Cno Cycle

Cno Cycle

The CNO cycle (Carbon Nitrogen Oxygen cycle) is a process carried out in the cores of stars in which four hydrogen nuclei are fused into one helium nucleus with the production of nitrogen and oxygen as intermediate products of the reaction. 12 C acts as an initiating catalyst for the reaction. Within a star, the CNO cycle becomes the dominant energy source once the temperature of the core exceeds about 16 million degrees Kelvin and is the main source of energy for stars with masses greater than about 1.1 solar masses where such temperatures are common. Stars the size of the Sun or smaller are unable to generate the core temperatures required to drive the CNO cycle and at these lower temperatures the proton-proton (p-p) fusion chain predominates. In the Sun, about 10% of the energy comes from the CNO cycle. In both processes 0.7% of the total mass is converted into energy, with a yield of 4.1 x 10-12 ergs per each helium nucleus created. The CNO cycle produces slightly less energy that can be used by the star than the p-p chain, since it produces more neutrinos. Neutrinos interact only extremely weakly with matter, and essentially all escape the stellar interior without causing any heating.
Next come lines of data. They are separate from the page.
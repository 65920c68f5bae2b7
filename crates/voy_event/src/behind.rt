ghost use Rattle.std.specs.Prelude.{◌≡◌, ◌++◌, [], ◌∷◌, ◌<◌, ◌/◌, ◌%◌, decimal, IfSome};
ghost use Rattle.std.specs.Char.{digit_char};
ghost use Rattle.json.specs.Print.{escape, escape_byte, escape_letter, quoted};

use itoa::Buffer;

/// What stands behind `piece` in a line that begins with it.
pub(crate) fn behind<'a>(line: &'a [u8], piece: &[u8]) -> Option<&'a [u8]>
    ensures { IfSome result (λ rest. line.now ≡ piece.now ++ rest.now) }
{
    line.strip_prefix(piece)
}

/// What stands behind the digits of `number` in a line that begins with them.
pub(crate) fn behind_number(line: &[u8], number: u64) -> Option<&[u8]>
    ensures { IfSome result (λ rest. line.now ≡ decimal number ++ rest.now) }
{
    let mut digits = Buffer::new();
    behind(line, digits.format(number).as_bytes())
}

/// What stands behind `text` in a line that begins with it as a JSON string.
pub(crate) fn behind_text<'a>(line: &'a [u8], text: &str) -> Option<&'a [u8]>
    ensures { IfSome result (λ rest. line.now ≡ quoted text.now ++ rest.now) }
{
    let inside = behind_byte(line, b'"')?;
    let rest = behind_escaped(inside, text.as_bytes())?;
    behind_byte(rest, b'"')
}

/// The same without the quotes.
fn behind_escaped<'a>(line: &'a [u8], text: &[u8]) -> Option<&'a [u8]>
    ensures { IfSome result (λ rest. line.now ≡ escape text.now ++ rest.now) }
{
    let mut rest = line;
    for byte in text {
        rest = behind_escape(rest, *byte)?;
    }
    Some(rest)
}

/// The same of one byte of a text.
#[tactic(auto, unfolding(json::specs::Print::escape_byte))]
fn behind_escape(line: &[u8], byte: u8) -> Option<&[u8]>
    ensures { IfSome result (λ rest. line.now ≡ escape_byte byte ++ rest.now) }
{
    let letter = escape_letter(byte);
    if letter > 0 {
        return behind_byte(behind_byte(line, b'\\')?, letter);
    }
    if byte < b' ' {
        return behind_code(line, byte);
    }
    behind_byte(line, byte)
}

/// The same of a byte that is written by its number.
fn behind_code(line: &[u8], byte: u8) -> Option<&[u8]>
    requires { byte < 32 }
    ensures { IfSome result (λ rest. line.now ≡ (92 ∷ 117 ∷ 48 ∷ 48 ∷ digit_char (byte / 16) ∷ digit_char (byte % 16) ∷ []) ++ rest.now) }
{
    let rest = behind(line, b"\\u00")?;
    let rest = behind_byte(rest, digit_of(byte / 16))?;
    behind_byte(rest, digit_of(byte % 16))
}

/// The letter behind the backslash for this byte, or 0 where it has none.
fn escape_letter(byte: u8) -> u8
    ensures { result ≡ escape_letter byte }
{
    match byte {
        b'"' | b'\\' => byte,
        8 => b'b',
        12 => b'f',
        b'\n' => b'n',
        b'\r' => b'r',
        b'\t' => b't',
        _ => 0,
    }
}

/// A hexadecimal digit.
fn digit_of(value: u8) -> u8
    requires { value < 16 }
    ensures { result ≡ digit_char value }
{
    if value < 10 {
        b'0' + value
    } else {
        b'a' + (value - 10)
    }
}

pub(crate) fn behind_byte(line: &[u8], byte: u8) -> Option<&[u8]>
    ensures { IfSome result (λ rest. line.now ≡ byte ∷ rest.now) }
{
    match line {
        [first, rest @ ..] if *first == byte => Some(rest),
        _ => None,
    }
}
The rate at which the CNO cycle progresses is extremely temperature dependent. A temperature increase of 1% in the Sun's core would increase the p-p chain rate by 46%, but the CNO cycle rate would increase at 350%. This temperature sensitivity greatly changes the structure of the star's interior and affects the star's later evolution. In massive stars, 50% of energy production takes place within the innermost (by mass) 2% of the star, as opposed to solar mass stars, in which 50% of energy is produced in the innermost 10% of the star. As a result of this huge energy production within a relatively small volume, the energy is not able to escape by radiating away, and convection currents begin throughout the stellar interior. As a result, material in the core is mixed with the outer regions of the star, and a degenerate helium core never forms. In late stellar evolution helium fusion begins without the helium flash seen in low mass stars. Mixing also results in core material enriched by fusion with carbon, nitrogen, and oxygen being brought to the surface of the star. In medium mass stars this material is expelled as a planetary nebula where the elemental abundances can be measured. Thus, CNO enrichment serves as a benchmark for theories of stellar evolution.
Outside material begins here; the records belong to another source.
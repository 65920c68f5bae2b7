ghost use Rattle.std.specs.Prelude.{◌≡◌, Some, IfOk, IfErr};
ghost use Rattle.serde_json.specs.View.{view};
ghost use Rattle.voy_event.specs.EventLine.{has_exporter, line_reading, vsn_at};
ghost use Rattle.voy_event.specs.InTurn.{cutover_vsn, document_in_turn, kind_in_turn, line_in_turn};
ghost use Rattle.voy_event.specs.LawfulEvent.{IsLawful};
ghost use Rattle.voy_schema.specs.Refusal.{Refuses};
ghost use Rattle.voy_event.specs.Refusal.{cause_of};

use crate::change_line::{read_row_change, table_of_line};
use crate::event::{Event, What};
use crate::limits::MAX_EVENT_LINE_BYTES;
use crate::line_error::{LineError, LineWhy};
use crate::words::{EventKind, Op, event_kind, number_at, role_at, text_of_role};
use serde_json::Value as Json;
use std::alloc::Global;
use voy_json::{ParseError, has_all, has_only, parse, text_at};
use voy_schema::Schema;
use voy_tables::Role;

/// The names of an event line with a change.
const CHANGE_EVENT_NAMES: [&str; 8] = [
    "before_fields",
    "exporter_role",
    "fields",
    "key",
    "op",
    "schema_name",
    "table_name",
    "vsn",
];

/// The names of a cutover's line.
const CUTOVER_NAMES: [&str; 3] = ["exporter_role", "op", "vsn"];

/// The same as [`read_line`](crate::read_line), by the rules of a line, one after the other.
pub(crate) fn read_by_rules(
    alloc: Global,
    schema: &Schema,
    bytes: &[u8],
) -> Result<Event, LineError>
    ensures ok { IfOk result (λ event. line_reading schema.now.tables bytes.now ≡ Ok event) }
    ensures err { IfErr result (Refuses cause_of (line_reading schema.now.tables bytes.now)) }
    ensures lawful { IfOk result (IsLawful schema.now.tables) }
{
    read_in_turn(alloc, schema, bytes)
}

fn read_in_turn(alloc: Global, schema: &Schema, bytes: &[u8]) -> Result<Event, LineError>
    ensures ok { IfOk result (λ event. line_in_turn schema.now.tables bytes.now ≡ Ok event) }
    ensures err { IfErr result (Refuses cause_of (line_in_turn schema.now.tables bytes.now)) }
{
    if bytes.len() > MAX_EVENT_LINE_BYTES {
        return Err(LineError::Bad(LineWhy::TooLong));
    }
    match parse(alloc, bytes) {
        Ok(line) => read_document(alloc, schema, &line),
        Err(ParseError::NotJson) => Err(LineError::Bad(LineWhy::NotJson)),
        Err(ParseError::NoMemory) => Err(LineError::NoMemory),
    }
}

fn read_document(alloc: Global, schema: &Schema, line: &Json) -> Result<Event, LineError>
    ensures ok { IfOk result (λ event.
        document_in_turn schema.now.tables (Some (view line.now)) ≡ Ok event) }
    ensures err { IfErr result (Refuses cause_of (document_in_turn schema.now.tables (Some (view line.now)))) }
{
    if !line.is_object() {
        return Err(LineError::Bad(LineWhy::NotJson));
    }
    match event_kind(line) {
        Some(EventKind::Change(op)) => read_change_event(alloc, schema, op, line),
        Some(EventKind::CutoverTarget) => Ok(Event {
            vsn: cutover_vsn(Role::Source, line)?,
            role: Role::Source,
            what: What::CutoverTarget,
        }),
        Some(EventKind::CutoverSource) => Ok(Event {
            vsn: cutover_vsn(Role::Target, line)?,
            role: Role::Target,
            what: What::CutoverSource,
        }),
        None => Err(LineError::Bad(LineWhy::BadOp)),
    }
}

#[tactic(auto, unfolding(crate::specs::EventLine::change_event_names))]
fn read_change_event(
    alloc: Global,
    schema: &Schema,
    op: Op,
    line: &Json,
) -> Result<Event, LineError>
    ensures ok { IfOk result (λ event.
        kind_in_turn schema.now.tables (view line.now) (Some (EventKind.Change op)) ≡ Ok event) }
    ensures err { IfErr result
        (Refuses cause_of (kind_in_turn schema.now.tables (view line.now) (Some (EventKind.Change op)))) }
{
    let placed = match table_of_line(schema, &CHANGE_EVENT_NAMES, line) {
        Ok(placed) => placed,
        Err(cause) => return Err(LineError::Bad(cause)),
    };
    let Some(vsn) = vsn_at(line) else {
        return Err(LineError::Bad(LineWhy::BadValue));
    };
    let Some(role) = role_at(line) else {
        return Err(LineError::Bad(LineWhy::BadValue));
    };
    let change = read_row_change(alloc, op, &placed, line)?;
    Ok(Event {
        vsn,
        role,
        what: What::Change(change),
    })
}

/// The vsn of a cutover that this exporter must have written.
#[tactic(auto, unfolding(crate::specs::EventLine::cutover_names))]
fn cutover_vsn(role: Role, line: &Json) -> Result<u64, LineWhy>
    ensures { result ≡ cutover_vsn role (view line.now) }
{
    if !has_all(line, &CUTOVER_NAMES) {
        return Err(LineWhy::Missing);
    }
    if !has_only(line, &CUTOVER_NAMES) {
        return Err(LineWhy::Unknown);
    }
    if !has_exporter(line, role) {
        return Err(LineWhy::BadValue);
    }
    vsn_at(line).ok_or(LineWhy::BadValue)
}

/// Whether the line names this exporter.
fn has_exporter(line: &Json, role: Role) -> bool
    ensures { result ≡ has_exporter role (view line.now) }
{
    match text_at(line, "exporter_role") {
        Some(text) => text_of_role(role) == text,
        None => false,
    }
}

/// The line's vsn, from 1.
fn vsn_at(line: &Json) -> Option<u64>
    ensures { result ≡ vsn_at (view line.now) }
{
    match number_at(line, "vsn") {
        Some(0) | None => None,
        Some(vsn) => Some(vsn),
    }
}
there are six fundamental steps in the CNO cycle. In the initiating step in the CNO cycle, a 12 C captures a proton and becomes a radioactive 13 N nucleus, with the emission of gamma rays. The second step in the cycle takes place, with the 13 N atom emission of a positron and a neutrino during a transformation to the 13 C isotope of carbon. The 13 C atom then captures a proton, becoming an 14 N atom. The fourth step is the bottleneck of the CNO cycle and ultimately determines the rate of the reaction process. The likelihood of an 14 N atom for capturing a proton (termed the cross section) is rather low in solar mass stars. As a result, the CNO causes significant enrichment in 14 N in the star. Once the proton capture occurs, however, the resulting 15 O atom quickly decays into 15 N. In the final step, 15 N captures a proton, and decays into 12 C and an alpha particle (a helium nucleus). The net effect is to combine four protons into a helium nucleus, with carbon acting as a catalyst. In all of the CNO reaction steps there is a release of radiation and/or position and neutrino emissions

In the last step, one time in 2500 the 15 N captures another proton before decaying to become 16 O. Eventually, however, a 14 N nucleus and an alpha particle are produced. In this branch of the cycle, the net effect is to turn six protons and a 12 C nucleus into an alpha particle and an 14 N nucleus, with an enrichment in fluorine also a consequence.